Stored items:
'''
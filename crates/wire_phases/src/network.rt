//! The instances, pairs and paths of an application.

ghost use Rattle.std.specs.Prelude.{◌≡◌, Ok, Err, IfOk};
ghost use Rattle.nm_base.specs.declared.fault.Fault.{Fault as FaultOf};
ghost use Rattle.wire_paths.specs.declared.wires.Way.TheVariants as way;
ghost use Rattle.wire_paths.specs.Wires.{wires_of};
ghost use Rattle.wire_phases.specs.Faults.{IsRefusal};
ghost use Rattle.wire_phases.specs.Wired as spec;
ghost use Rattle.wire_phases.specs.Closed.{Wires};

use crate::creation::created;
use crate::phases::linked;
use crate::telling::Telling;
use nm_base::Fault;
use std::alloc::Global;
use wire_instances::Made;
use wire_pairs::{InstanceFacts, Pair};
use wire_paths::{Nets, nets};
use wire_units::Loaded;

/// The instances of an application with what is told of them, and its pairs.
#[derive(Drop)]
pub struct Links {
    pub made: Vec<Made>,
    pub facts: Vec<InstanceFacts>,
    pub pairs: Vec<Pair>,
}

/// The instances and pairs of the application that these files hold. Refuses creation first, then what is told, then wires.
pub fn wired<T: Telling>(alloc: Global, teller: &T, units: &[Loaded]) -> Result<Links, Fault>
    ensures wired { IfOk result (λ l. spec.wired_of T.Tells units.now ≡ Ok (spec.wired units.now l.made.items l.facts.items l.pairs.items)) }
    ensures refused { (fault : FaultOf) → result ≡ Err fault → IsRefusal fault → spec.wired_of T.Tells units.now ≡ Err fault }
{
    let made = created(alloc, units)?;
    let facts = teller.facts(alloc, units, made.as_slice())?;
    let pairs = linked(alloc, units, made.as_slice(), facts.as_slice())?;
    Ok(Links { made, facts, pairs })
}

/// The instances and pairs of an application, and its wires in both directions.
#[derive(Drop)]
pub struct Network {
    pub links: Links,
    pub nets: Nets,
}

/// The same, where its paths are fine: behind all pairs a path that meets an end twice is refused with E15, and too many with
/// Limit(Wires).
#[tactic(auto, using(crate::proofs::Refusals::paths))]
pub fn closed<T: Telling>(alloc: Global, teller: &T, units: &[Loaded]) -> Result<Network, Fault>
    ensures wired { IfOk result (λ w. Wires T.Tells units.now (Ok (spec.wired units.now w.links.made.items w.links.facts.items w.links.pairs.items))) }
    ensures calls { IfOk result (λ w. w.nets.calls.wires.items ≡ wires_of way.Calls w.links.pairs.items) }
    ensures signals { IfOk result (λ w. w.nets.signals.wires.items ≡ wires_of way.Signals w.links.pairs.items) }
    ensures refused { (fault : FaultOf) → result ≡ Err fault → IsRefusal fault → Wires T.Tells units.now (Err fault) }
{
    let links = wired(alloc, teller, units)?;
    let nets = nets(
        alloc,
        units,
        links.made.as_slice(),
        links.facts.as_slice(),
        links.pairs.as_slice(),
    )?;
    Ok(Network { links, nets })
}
'''
'''
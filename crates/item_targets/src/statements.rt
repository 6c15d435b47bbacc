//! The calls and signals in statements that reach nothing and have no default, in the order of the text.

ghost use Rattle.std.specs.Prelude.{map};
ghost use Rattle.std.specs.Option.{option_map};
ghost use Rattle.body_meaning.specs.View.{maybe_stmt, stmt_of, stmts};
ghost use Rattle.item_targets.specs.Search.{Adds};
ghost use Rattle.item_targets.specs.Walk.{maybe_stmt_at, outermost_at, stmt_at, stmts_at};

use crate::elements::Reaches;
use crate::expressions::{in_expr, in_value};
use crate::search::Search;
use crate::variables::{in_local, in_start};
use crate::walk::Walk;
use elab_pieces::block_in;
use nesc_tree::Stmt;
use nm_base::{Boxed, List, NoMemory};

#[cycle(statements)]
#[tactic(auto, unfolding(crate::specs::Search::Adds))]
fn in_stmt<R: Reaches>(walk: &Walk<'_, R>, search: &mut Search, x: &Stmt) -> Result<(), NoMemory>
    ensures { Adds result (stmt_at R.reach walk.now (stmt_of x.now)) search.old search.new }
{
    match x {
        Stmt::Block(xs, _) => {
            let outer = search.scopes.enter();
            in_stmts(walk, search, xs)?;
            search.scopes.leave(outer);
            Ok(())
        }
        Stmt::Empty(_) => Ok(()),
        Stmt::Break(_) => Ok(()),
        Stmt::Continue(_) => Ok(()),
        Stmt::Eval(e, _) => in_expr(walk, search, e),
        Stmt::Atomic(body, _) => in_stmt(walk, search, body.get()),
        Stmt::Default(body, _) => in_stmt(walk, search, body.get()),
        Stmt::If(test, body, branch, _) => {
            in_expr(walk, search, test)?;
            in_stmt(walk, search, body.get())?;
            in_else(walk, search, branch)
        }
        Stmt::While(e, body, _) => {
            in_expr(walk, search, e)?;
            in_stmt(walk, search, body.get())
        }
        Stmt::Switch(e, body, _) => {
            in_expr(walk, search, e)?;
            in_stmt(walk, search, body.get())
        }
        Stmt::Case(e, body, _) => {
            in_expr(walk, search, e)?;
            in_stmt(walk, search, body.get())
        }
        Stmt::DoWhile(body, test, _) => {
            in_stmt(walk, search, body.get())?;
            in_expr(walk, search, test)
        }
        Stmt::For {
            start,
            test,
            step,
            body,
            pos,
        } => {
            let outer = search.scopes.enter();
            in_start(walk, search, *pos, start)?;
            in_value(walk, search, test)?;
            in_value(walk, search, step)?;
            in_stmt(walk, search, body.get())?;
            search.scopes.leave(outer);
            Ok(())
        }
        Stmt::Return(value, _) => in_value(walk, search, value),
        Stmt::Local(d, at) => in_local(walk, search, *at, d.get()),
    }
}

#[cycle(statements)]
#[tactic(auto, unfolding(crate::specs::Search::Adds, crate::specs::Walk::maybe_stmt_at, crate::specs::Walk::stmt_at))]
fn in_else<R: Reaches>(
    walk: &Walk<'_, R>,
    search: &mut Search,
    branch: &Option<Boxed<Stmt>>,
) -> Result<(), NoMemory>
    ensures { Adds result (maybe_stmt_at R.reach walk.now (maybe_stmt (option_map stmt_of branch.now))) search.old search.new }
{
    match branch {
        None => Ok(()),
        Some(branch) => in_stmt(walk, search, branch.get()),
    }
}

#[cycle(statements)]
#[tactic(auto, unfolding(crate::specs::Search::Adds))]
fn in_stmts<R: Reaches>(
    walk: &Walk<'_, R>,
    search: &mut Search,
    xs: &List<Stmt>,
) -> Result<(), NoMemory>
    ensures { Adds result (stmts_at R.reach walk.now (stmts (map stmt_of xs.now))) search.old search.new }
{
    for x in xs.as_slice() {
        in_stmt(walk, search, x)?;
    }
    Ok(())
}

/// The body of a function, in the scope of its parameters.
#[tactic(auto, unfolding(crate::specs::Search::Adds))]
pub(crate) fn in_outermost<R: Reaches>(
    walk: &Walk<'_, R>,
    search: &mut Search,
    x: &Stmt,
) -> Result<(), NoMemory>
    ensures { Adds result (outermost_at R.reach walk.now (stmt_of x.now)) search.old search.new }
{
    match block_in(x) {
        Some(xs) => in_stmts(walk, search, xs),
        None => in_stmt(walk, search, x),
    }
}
'''
> **PROBLEM**: Could you return exactly the stretch of the data above that starts at the line with "use wire_units::Loaded;" and ends at the line with "told, then wires.", both lines included?

> **RESPONSE**:
use wire_units::Loaded;

/// The instances of an application with what is told of them, and its pairs.
#[derive(Drop)]
pub struct Links {
    pub made: Vec<Made>,
    pub facts: Vec<InstanceFacts>,
    pub pairs: Vec<Pair>,
}

/// The instances and pairs of the application that these files hold. Refuses creation first, then what is told, then wires.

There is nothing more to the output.